→ ACTION ITEM: The records below are made of lines; count those holding the word "idle" and give the number only.

++++ INFORMATION SHOWN

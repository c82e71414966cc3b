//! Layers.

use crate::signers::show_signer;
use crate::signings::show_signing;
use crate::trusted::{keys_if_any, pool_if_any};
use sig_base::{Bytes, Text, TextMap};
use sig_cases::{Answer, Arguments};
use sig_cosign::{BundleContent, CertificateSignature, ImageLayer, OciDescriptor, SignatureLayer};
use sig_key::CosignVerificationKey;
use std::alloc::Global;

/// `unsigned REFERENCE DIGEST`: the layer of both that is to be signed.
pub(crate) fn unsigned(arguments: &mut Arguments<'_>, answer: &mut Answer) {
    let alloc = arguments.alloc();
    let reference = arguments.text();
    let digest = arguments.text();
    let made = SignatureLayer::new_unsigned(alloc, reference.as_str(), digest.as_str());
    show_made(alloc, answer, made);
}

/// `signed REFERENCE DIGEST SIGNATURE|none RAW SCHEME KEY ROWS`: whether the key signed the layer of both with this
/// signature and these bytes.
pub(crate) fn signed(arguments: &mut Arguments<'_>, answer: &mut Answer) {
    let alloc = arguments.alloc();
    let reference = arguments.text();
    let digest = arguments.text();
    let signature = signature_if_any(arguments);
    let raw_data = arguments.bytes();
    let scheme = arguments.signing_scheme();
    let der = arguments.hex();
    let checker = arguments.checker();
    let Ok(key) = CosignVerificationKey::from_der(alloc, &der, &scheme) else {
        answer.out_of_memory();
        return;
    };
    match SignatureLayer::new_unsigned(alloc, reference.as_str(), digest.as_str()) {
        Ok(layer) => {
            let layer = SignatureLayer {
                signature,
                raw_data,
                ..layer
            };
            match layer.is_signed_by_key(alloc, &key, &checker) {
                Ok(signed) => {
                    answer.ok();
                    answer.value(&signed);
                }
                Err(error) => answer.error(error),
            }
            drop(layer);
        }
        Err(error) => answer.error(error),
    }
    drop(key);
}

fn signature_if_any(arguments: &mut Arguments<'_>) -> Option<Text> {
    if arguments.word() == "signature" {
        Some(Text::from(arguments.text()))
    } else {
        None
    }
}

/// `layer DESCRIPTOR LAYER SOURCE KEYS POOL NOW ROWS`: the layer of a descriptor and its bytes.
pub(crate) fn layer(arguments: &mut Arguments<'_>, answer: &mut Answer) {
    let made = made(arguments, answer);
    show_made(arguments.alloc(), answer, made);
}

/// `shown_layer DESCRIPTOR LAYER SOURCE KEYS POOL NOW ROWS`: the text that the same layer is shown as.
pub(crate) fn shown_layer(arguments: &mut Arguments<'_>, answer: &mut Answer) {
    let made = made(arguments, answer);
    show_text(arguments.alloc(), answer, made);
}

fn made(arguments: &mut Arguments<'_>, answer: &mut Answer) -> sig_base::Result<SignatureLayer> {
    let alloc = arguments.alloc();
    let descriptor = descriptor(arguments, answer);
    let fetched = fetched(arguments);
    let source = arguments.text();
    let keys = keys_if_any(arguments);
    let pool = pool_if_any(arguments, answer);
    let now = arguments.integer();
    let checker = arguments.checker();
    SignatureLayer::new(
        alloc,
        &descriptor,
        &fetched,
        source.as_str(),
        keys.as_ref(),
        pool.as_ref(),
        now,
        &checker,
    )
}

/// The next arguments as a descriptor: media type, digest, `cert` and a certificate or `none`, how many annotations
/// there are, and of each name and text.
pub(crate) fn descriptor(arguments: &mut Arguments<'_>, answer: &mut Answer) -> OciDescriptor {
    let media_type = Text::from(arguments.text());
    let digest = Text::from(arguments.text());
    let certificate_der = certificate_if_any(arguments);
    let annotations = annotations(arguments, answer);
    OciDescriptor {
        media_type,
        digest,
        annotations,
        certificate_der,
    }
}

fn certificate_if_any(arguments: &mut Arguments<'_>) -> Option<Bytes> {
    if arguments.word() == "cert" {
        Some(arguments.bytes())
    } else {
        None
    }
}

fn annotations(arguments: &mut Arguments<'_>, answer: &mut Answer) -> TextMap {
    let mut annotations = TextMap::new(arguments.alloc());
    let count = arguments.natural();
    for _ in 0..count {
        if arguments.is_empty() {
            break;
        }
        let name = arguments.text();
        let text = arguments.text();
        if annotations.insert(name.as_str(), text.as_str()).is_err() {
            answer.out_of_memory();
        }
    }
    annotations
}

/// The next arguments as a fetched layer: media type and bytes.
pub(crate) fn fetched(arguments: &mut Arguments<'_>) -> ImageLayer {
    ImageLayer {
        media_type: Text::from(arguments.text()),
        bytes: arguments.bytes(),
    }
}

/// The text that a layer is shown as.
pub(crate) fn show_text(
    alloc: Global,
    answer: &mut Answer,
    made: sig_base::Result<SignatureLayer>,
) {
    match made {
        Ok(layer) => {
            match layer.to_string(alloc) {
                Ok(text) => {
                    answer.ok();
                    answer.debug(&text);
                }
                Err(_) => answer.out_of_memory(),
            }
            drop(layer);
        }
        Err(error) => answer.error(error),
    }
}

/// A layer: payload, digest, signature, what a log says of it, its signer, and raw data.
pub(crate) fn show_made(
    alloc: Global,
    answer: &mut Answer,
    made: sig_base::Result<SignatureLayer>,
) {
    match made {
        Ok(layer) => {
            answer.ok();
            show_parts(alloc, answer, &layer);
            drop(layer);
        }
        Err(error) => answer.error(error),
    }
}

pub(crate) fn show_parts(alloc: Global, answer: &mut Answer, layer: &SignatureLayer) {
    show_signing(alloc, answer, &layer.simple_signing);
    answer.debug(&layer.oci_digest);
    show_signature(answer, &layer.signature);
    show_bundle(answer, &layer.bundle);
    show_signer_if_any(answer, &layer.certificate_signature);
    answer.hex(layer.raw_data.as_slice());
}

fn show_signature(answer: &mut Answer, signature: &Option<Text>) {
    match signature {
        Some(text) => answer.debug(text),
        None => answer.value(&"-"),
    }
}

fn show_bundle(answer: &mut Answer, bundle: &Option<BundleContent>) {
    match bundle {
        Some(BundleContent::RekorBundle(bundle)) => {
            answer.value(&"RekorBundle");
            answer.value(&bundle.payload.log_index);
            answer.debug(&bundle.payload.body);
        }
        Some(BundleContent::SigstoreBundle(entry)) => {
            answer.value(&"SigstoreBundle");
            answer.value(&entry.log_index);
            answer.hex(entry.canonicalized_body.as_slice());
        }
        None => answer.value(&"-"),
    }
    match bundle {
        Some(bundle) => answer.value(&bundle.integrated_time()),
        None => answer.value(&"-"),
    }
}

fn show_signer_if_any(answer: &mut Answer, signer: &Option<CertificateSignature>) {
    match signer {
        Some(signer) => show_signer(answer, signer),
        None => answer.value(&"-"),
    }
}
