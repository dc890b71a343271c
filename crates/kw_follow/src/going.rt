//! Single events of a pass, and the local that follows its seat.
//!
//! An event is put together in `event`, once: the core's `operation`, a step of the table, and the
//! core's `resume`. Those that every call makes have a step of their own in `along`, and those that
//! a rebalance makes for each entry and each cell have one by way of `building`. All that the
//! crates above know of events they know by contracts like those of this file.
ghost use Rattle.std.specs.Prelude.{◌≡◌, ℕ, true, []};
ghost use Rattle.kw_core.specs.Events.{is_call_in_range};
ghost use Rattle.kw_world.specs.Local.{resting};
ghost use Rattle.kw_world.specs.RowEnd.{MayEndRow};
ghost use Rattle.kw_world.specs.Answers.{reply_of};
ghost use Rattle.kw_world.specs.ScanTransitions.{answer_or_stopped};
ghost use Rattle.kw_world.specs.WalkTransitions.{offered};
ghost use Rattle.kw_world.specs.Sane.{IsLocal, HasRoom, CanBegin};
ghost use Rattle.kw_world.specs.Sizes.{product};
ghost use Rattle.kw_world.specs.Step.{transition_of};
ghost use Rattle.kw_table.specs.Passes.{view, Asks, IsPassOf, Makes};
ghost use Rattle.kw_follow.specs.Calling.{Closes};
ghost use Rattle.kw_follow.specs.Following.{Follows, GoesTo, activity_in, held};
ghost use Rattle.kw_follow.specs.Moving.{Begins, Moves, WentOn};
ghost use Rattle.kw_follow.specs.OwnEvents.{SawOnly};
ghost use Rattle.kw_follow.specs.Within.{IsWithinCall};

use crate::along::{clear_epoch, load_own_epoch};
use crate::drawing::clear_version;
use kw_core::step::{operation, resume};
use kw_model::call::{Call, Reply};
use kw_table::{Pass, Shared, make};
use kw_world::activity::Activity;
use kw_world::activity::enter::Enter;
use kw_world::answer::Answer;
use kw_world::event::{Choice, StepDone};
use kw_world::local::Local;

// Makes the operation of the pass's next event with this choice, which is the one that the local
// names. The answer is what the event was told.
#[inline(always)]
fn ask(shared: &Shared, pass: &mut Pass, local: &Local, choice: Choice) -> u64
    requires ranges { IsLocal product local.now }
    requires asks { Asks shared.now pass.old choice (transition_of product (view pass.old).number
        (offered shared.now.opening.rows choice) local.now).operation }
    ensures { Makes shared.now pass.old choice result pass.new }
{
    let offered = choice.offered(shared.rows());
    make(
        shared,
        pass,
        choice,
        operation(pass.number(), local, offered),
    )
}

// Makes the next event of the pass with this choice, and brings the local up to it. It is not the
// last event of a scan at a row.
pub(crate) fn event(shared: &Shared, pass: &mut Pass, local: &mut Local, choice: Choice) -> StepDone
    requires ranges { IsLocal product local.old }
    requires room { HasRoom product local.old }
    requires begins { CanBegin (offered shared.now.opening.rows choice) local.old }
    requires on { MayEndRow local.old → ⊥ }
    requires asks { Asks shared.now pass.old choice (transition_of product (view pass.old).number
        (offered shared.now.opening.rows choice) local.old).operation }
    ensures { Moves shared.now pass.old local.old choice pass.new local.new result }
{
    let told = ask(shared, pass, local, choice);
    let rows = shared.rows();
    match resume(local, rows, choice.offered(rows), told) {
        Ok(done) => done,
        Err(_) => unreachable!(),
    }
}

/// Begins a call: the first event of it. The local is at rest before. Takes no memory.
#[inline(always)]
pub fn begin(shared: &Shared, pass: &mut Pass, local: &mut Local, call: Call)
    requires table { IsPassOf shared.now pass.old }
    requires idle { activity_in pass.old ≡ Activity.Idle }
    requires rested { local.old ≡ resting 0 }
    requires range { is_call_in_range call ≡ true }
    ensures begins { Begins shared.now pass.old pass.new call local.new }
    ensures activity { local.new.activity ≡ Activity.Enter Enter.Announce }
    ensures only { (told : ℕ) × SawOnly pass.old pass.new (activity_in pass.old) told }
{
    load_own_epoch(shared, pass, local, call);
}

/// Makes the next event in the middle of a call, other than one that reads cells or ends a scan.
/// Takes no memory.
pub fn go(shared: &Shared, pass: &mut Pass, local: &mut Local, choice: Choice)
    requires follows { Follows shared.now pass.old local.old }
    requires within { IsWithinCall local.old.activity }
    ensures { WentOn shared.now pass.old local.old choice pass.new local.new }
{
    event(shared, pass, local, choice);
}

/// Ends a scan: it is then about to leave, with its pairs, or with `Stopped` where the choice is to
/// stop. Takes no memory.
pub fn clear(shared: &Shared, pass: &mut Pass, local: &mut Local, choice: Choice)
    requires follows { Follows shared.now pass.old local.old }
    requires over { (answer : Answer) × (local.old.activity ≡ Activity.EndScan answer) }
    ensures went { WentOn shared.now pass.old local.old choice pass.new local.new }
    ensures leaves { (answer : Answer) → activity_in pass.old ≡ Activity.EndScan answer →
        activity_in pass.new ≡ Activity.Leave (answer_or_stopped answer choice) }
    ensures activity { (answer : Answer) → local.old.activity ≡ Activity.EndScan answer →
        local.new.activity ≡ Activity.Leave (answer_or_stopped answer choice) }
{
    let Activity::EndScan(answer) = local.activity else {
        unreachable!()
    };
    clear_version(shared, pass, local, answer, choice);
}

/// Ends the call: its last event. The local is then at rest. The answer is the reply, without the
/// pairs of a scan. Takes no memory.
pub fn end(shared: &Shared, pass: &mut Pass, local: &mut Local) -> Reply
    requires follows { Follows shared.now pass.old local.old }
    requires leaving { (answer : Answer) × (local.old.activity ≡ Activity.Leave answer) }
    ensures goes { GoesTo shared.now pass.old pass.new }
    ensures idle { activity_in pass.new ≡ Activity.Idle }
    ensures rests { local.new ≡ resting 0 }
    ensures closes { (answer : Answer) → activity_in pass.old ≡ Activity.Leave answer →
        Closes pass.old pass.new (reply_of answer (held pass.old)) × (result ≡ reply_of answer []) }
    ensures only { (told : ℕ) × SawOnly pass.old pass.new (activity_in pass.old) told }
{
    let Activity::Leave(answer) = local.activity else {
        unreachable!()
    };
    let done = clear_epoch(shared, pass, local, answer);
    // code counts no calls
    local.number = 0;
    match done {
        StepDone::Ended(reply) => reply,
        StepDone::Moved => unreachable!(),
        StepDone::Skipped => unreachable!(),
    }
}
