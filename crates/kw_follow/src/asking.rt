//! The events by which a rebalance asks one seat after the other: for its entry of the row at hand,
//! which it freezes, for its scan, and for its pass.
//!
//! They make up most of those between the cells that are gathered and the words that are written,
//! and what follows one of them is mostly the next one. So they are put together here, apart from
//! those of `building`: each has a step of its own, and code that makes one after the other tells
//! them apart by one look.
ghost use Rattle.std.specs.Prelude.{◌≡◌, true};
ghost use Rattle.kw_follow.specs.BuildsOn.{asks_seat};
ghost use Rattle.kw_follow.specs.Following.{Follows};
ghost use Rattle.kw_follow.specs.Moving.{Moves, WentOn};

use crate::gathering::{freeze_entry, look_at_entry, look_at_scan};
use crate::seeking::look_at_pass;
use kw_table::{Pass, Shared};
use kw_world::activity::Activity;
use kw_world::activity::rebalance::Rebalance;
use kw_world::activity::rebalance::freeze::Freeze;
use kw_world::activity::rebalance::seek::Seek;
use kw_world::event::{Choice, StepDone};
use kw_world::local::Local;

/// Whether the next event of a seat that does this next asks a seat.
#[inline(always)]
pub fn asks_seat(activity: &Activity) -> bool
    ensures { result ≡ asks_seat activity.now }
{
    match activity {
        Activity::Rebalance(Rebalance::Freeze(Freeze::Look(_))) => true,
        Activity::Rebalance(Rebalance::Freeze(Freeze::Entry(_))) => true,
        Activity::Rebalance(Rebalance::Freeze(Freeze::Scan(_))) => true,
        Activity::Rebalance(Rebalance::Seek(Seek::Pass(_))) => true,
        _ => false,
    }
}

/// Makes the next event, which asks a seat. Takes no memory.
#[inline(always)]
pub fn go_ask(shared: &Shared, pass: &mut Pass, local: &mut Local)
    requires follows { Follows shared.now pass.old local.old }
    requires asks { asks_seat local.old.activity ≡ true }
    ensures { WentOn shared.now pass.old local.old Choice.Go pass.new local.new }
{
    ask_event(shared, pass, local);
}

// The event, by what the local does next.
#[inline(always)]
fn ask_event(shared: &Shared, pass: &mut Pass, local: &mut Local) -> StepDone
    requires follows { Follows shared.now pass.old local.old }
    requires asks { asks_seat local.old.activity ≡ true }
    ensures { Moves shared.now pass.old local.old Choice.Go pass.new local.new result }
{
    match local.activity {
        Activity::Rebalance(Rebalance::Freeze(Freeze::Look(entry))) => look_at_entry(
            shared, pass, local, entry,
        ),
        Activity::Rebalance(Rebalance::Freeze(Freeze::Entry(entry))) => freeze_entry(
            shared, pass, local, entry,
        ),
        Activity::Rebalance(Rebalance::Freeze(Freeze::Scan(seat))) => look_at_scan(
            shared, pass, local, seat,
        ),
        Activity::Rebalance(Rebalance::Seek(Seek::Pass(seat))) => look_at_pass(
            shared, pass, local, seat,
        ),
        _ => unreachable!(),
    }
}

++++++++

→ EXPECTED OUTPUT: 2